## ABOUT THIS EXERCISE
Find the word "return" in the listing; pull out each line holding it.

## RECORDS FOR THIS EXERCISE
※ ※ ※

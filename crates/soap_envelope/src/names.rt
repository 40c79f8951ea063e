// The first item whose prefix isn't declared, or that declares a prefix again in its element.
ghost use Rattle.std.specs.Prelude.{◌≡◌, ◌+◌, ◌<◌, ◌≤◌, ◌^◌, [], IfNone, IfOk, OnOk, drop, length};
ghost use Rattle.std.specs.Option.{option_or};
ghost use Rattle.nbfx_values.specs.Documents.{IsDocument};
ghost use Rattle.soap_envelope.specs.BadNames as spec;
ghost use Rattle.soap_envelope.specs.BadNames.{first_bad_name};
ghost use Rattle.soap_envelope.specs.Bindings.{innermost, scope_to};
ghost use Rattle.soap_envelope.specs.Parts.{root_scope};
ghost use Rattle.soap_envelope.specs.Scopes as scope;
ghost use Rattle.soap_envelope.specs.Scopes.{declared, declared_on};

use crate::scopes::Scopes;
use nbfx_values::{ArrayItem, AttrItem, Item, Txt};
use unit_streams::Memory;

// Whether an open element declares a prefix.
fn is_bound(scopes: &Scopes<'_>, prefix: &Txt) -> bool
    ensures { result ≡ scope.is_bound scopes.now prefix.now }
{
    scopes.uri_of(prefix.as_str()).is_some()
}

// The first bad name of the declarations and attributes of the innermost element.
fn bad_attribute(inner: &Scopes<'_>, at: usize, behind: &[Item]) -> Option<usize>
    requires own { innermost inner.now ≡ declared behind.now }
    requires few { at + length behind.now < 2 ^ 64 }
    ensures { result ≡ spec.bad_attribute inner.now [] at behind.now }
{
    let mut before = 0;
    for (i, item) in behind.iter().enumerate() {
        match item {
            Item::Xmlns { prefix, .. } => {
                if inner.declares_before(before, prefix.as_str()) {
                    return Some(at + i);
                }
                before += 1;
            }
            Item::Attr { prefix, .. } => {
                if !is_bound(inner, prefix) {
                    return Some(at + i);
                }
            }
            _ => return None,
        }
    }
    None
}

// Whether all declarations and attributes of an array's element, the innermost, are good.
fn are_good(inner: &Scopes<'_>, attributes: &[AttrItem]) -> bool
    requires { innermost inner.now ≡ declared_on attributes.now }
    ensures { result ≡ spec.are_good inner.now [] attributes.now }
{
    let mut before = 0;
    for attribute in attributes {
        match attribute {
            AttrItem::Xmlns { prefix, .. } => {
                if inner.declares_before(before, prefix.as_str()) {
                    return false;
                }
                before += 1;
            }
            AttrItem::Attr { prefix, .. } => {
                if !is_bound(inner, prefix) {
                    return false;
                }
            }
        }
    }
    true
}

fn is_good_array<'d>(scopes: &mut Scopes<'d>, array: &'d ArrayItem) -> Result<bool, Memory>
    ensures good { IfOk result (λ good. good ≡ spec.is_good_array scopes.old array.now) }
    ensures unchanged { OnOk result (scopes.new ≡ scopes.old) }
{
    scopes.enter_array(array.attrs.as_slice())?;
    let good = is_bound(scopes, &array.prefix) && are_good(scopes, array.attrs.as_slice());
    scopes.close();
    Ok(good)
}

// The first bad name of the innermost element's start, its declarations and its attributes.
fn bad_in_head(inner: &Scopes<'_>, prefix: &Txt, at: usize, behind: &[Item]) -> Option<usize>
    requires own { innermost inner.now ≡ declared behind.now }
    requires few { at + 1 + length behind.now < 2 ^ 64 }
    ensures { result ≡ spec.bad_in_head inner.now prefix.now at behind.now }
{
    if !is_bound(inner, prefix) {
        return Some(at);
    }
    bad_attribute(inner, at + 1, behind)
}

// The item at a place, or one of its declarations and attributes, if it is bad. Else the
// declarations in scope after it take the place of those before it.
fn bad_item<'d>(
    scopes: &mut Scopes<'d>,
    items: &'d [Item],
    at: usize,
) -> Result<Option<usize>, Memory>
    requires { at < length items.now }
    ensures bad { IfOk result (λ bad. first_bad_name scopes.old at (drop at items.now)
        ≡ option_or bad (first_bad_name scopes.new (at + 1) (drop (at + 1) items.now))) }
    ensures inside { OnOk result (scopes.new ≡ scope_to scopes.old 1 (drop at items.now)) }
{
    match &items[at] {
        Item::Start { prefix, .. } => {
            let behind = &items[at + 1..];
            scopes.enter(behind)?;
            Ok(bad_in_head(scopes, prefix, at, behind))
        }
        Item::Array(array) => {
            let good = is_good_array(scopes, array)?;
            Ok(if good { None } else { Some(at) })
        }
        Item::Close => {
            scopes.close();
            Ok(None)
        }
        _ => Ok(None),
    }
}

/// The first item whose prefix isn't declared, or that declares a prefix again in its element. Where
/// there is none, these scopes, which are outside of all elements, are those within the root, whose
/// end is the last item.
pub(crate) fn bad_name<'d>(
    scopes: &mut Scopes<'d>,
    items: &'d [Item],
) -> Result<Option<usize>, Memory>
    requires document { IsDocument items.now }
    requires outside { scopes.old ≡ [] }
    ensures bad { IfOk result (λ bad. bad ≡ spec.bad_name items.now) }
    ensures root { IfOk result (λ bad. IfNone bad (scopes.new ≡ root_scope items.now)) }
{
    for at in 0..items.len().saturating_sub(1) {
        let bad = bad_item(scopes, items, at)?;
        if bad.is_some() {
            return Ok(bad);
        }
    }
    Ok(None)
}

※ ※ ※

## SOLUTION
                    return Some(at + i);
                    return Some(at + i);
            _ => return None,
                    return false;
                    return false;
        return Some(at);
            return Ok(bad);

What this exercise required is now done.